# Where to have a Brown Bear done?



## Rico (Mar 15, 2001)

Just putting some feelers out there. I was fortunate to have returned from Kodiak with a Brown Bear just recently. Looking for some recommendations in state for a full body, upright mount.

Thanks,
Ric


----------



## plugger (Aug 8, 2001)

Legends Taxidermy LLC
Website

 
: 5089 US-31, Scottville, MI 49454
Phone: (231) 757-9589

They have a showroom that usually has several bears in various poses.


----------



## ryan-b (Sep 18, 2009)

Ron Ferguson


----------



## Firefighter (Feb 14, 2007)

Rico said:


> Just putting some feelers out there. I was fortunate to have returned from Kodiak with a Brown Bear just recently. Looking for some recommendations in state for a full body, upright mount.
> 
> Thanks,
> Ric



Why you wanna mount that little cub you got....

Here's some nice work. No personal experience with them though.

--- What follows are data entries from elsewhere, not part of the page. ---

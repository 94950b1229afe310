//! The files that replace what is held.

use crate::contents::BETWEEN_FILES;
use std::alloc::Global;
use std::io;
use std::time::{Clock, Duration, Instant};
use trial_values::fault::Fault;
use vet_files::audits_file::read_audits;
use vet_files::config_file::read_config;
use vet_files::files_content::FilesContent;
use vet_files::imports_file::read_imports;

/// The separator between the dependency tables and three files, and between three files and the next three.
const BETWEEN_PARTS: &str = "\n===\n";

/// The texts of an audits file, a config file and an imports file.
#[derive(Clone, Copy)]
pub struct FileTexts<'t> {
    pub audits: &'t str,
    pub config: &'t str,
    pub imports: &'t str,
}

/// The dependency tables of a text, as one text, and then the text with the files after them.
pub fn tables_before(text: &str) -> Result<(&str, &str), Fault> {
    match text.split_once(BETWEEN_PARTS) {
        Some(parts) => Ok(parts),
        None => Err(Fault::NotUnderstood),
    }
}

/// The files of a text, three by three.
pub fn files_of(alloc: Global, text: &str) -> Result<Vec<FileTexts<'_>>, Fault> {
    let mut all = Vec::new(alloc);
    for part in text.split(BETWEEN_PARTS) {
        all.push(three_of(part)?)?;
    }
    Ok(all)
}

fn three_of(part: &str) -> Result<FileTexts<'_>, Fault> {
    let Some((audits, rest)) = part.split_once(BETWEEN_FILES) else {
        return Err(Fault::NotUnderstood);
    };
    let Some((config, imports)) = rest.split_once(BETWEEN_FILES) else {
        return Err(Fault::NotUnderstood);
    };
    Ok(FileTexts {
        audits,
        config,
        imports,
    })
}

/// What three files hold. Prints how many entries they have, how long it took to read them, and how long until they
/// were one value.
pub fn read_timed(
    rt: &(impl Clock + AllocGlobal + Print),
    texts: FileTexts<'_>,
) -> Result<FilesContent, Fault> {
    let alloc = rt.alloc();
    let begun = Instant::now(rt)?;
    // the largest value comes last, since each that was read is dropped if the next one is refused
    let audits = read_audits(alloc, texts.audits.as_bytes())?;
    let imports = read_imports(alloc, texts.imports.as_bytes())?;
    let config = read_config(alloc, texts.config.as_bytes())?;
    let read = begun.elapsed(rt)?.as_nanos();
    let files = FilesContent::of(alloc, audits.content, config.content, imports.content)?;
    print_read(rt, &files, read, begun.elapsed(rt))?;
    Ok(files)
}

fn print_read(
    rt: &(impl Clock + AllocGlobal + Print),
    files: &FilesContent,
    read: u128,
    whole: io::Result<Duration>,
) -> Result<(), Fault> {
    let whole = whole?.as_nanos();
    let count = entries_of(files);
    println!(rt; "read {count} {read} {whole}")?;
    Ok(())
}

// How many entries files hold, those of all peers together.
fn entries_of(files: &FilesContent) -> usize {
    let mut count = files.entries().len();
    for peer in files.contents() {
        count = count.saturating_add(peer.content.entries().len());
    }
    count
}
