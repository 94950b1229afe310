//! The rounds in which files replace what is held.

use crate::clock::{done, timed_once};
use crate::commands::{load_table, replace_files, set_criterion};
use crate::contents::BETWEEN_FILES;
use crate::files::{FileTexts, files_of, read_timed, tables_before};
use std::alloc::Global;
use std::time::Clock;
use trial_values::fault::Fault;
use vet_base::limits::MOST_MOVES;
use vet_graph::keeper::Keeper;
use vet_register::register::Register;

/// Times the rounds of replacements by the files of a text.
pub fn run_replacements<K: Keeper>(
    rt: &(impl Clock + AllocGlobal + Print),
    rounds: usize,
    text: &str,
) -> Result<(), Fault> {
    let (tables, rest) = tables_before(text)?;
    let mut register = register_of::<K>(rt.alloc(), tables)?;
    let files = files_of(rt.alloc(), rest)?;
    for _round in 0..rounds {
        run_round(rt, &mut register, files.as_slice())?;
    }
    Ok(())
}

// A register that has the projects of some tables, and nothing else.
fn register_of<K: Keeper>(alloc: Global, tables: &str) -> Result<Register<K>, Fault> {
    let mut register = Register::new(alloc, MOST_MOVES)?;
    for (place, table) in tables.split(BETWEEN_FILES).enumerate() {
        done(alloc, &mut register, load_table(alloc, place, table))?;
    }
    Ok(register)
}

fn run_round<K: Keeper>(
    rt: &(impl Clock + AllocGlobal + Print),
    register: &mut Register<K>,
    files: &[FileTexts<'_>],
) -> Result<(), Fault> {
    replace_all(rt, register, files)?;
    timed_once(rt, register, "plan", set_criterion(rt.alloc()))
}

fn replace_all<K: Keeper>(
    rt: &(impl Clock + AllocGlobal + Print),
    register: &mut Register<K>,
    files: &[FileTexts<'_>],
) -> Result<(), Fault> {
    for texts in files {
        let content = read_timed(rt, *texts)?;
        timed_once(rt, register, "replace", replace_files(content))?;
    }
    Ok(())
}
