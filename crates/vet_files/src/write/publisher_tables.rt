//! Publisher records as tables.
ghost use Rattle.std.specs.Prelude.{◌≡◌, All, IfOk};
ghost use Rattle.toml.specs.View.{array_view, table_view};
ghost use Rattle.vet_files.specs.ImportsTable.{publisher_items, publisher_table};
ghost use Rattle.vet_files.specs.ReadAgain.{ReadsPublisher};

use crate::keys::{USER_ID, USER_LOGIN, USER_NAME, VERSION, WHEN};
use crate::write::put::{put, put_some};
use std::alloc::{AllocError, Global};
use toml::value::Array;
use toml::{Table, Value};
use vet_entries::publisher::Publisher;

/// The table of a publisher record. It is read back as the record.
pub(crate) fn publisher_table(alloc: Global, publisher: &Publisher) -> Result<Table, AllocError>
    ensures table { IfOk result (λ t. table_view t ≡ publisher_table publisher.now) }
    ensures read { IfOk result (λ t. ReadsPublisher publisher.now) }
{
    let mut table = Table::new(alloc);
    put(alloc, &mut table, USER_ID, &publisher.user)?;
    put_some(alloc, &mut table, USER_LOGIN, publisher.login.as_ref())?;
    put_some(alloc, &mut table, USER_NAME, publisher.name.as_ref())?;
    put(alloc, &mut table, VERSION, &publisher.version)?;
    put(alloc, &mut table, WHEN, &publisher.day)?;
    Ok(table)
}

/// The tables of publisher records, in order. Each is read back as its record.
pub(crate) fn publisher_items(alloc: Global, records: &[Publisher]) -> Result<Array, AllocError>
    ensures items { IfOk result (λ v. array_view v ≡ publisher_items records.now) }
    ensures read { IfOk result (λ v. All ReadsPublisher records.now) }
{
    let mut tables = Vec::new(alloc);
    'records: for publisher in records {
        tables.push(Value::Table(publisher_table(alloc, publisher)?))?;
    }
    Ok(tables)
}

https://thewildlifegallery.com/bear

http://www.artistryofwildlife.com/bear-gallery.html


----------



## MallardMaster (Nov 17, 2003)

x 2 for Legends


----------



## GoBluehunter (Jun 6, 2011)

Naber's Taxidermy in GR; checkout their Facebook page.


----------



## MIfishslayer91 (Dec 24, 2013)

Check out Hilde taxidermy in Clarkston, Bob does some amazing work. He really seems to be popular with the big animals, seems every time I go in his shop he’s working on a bear or something crazy from Africa. Last time it was a hyena attacking a warthog while getting impaled with the warthogs tusk. Definitely worth looking into.


----------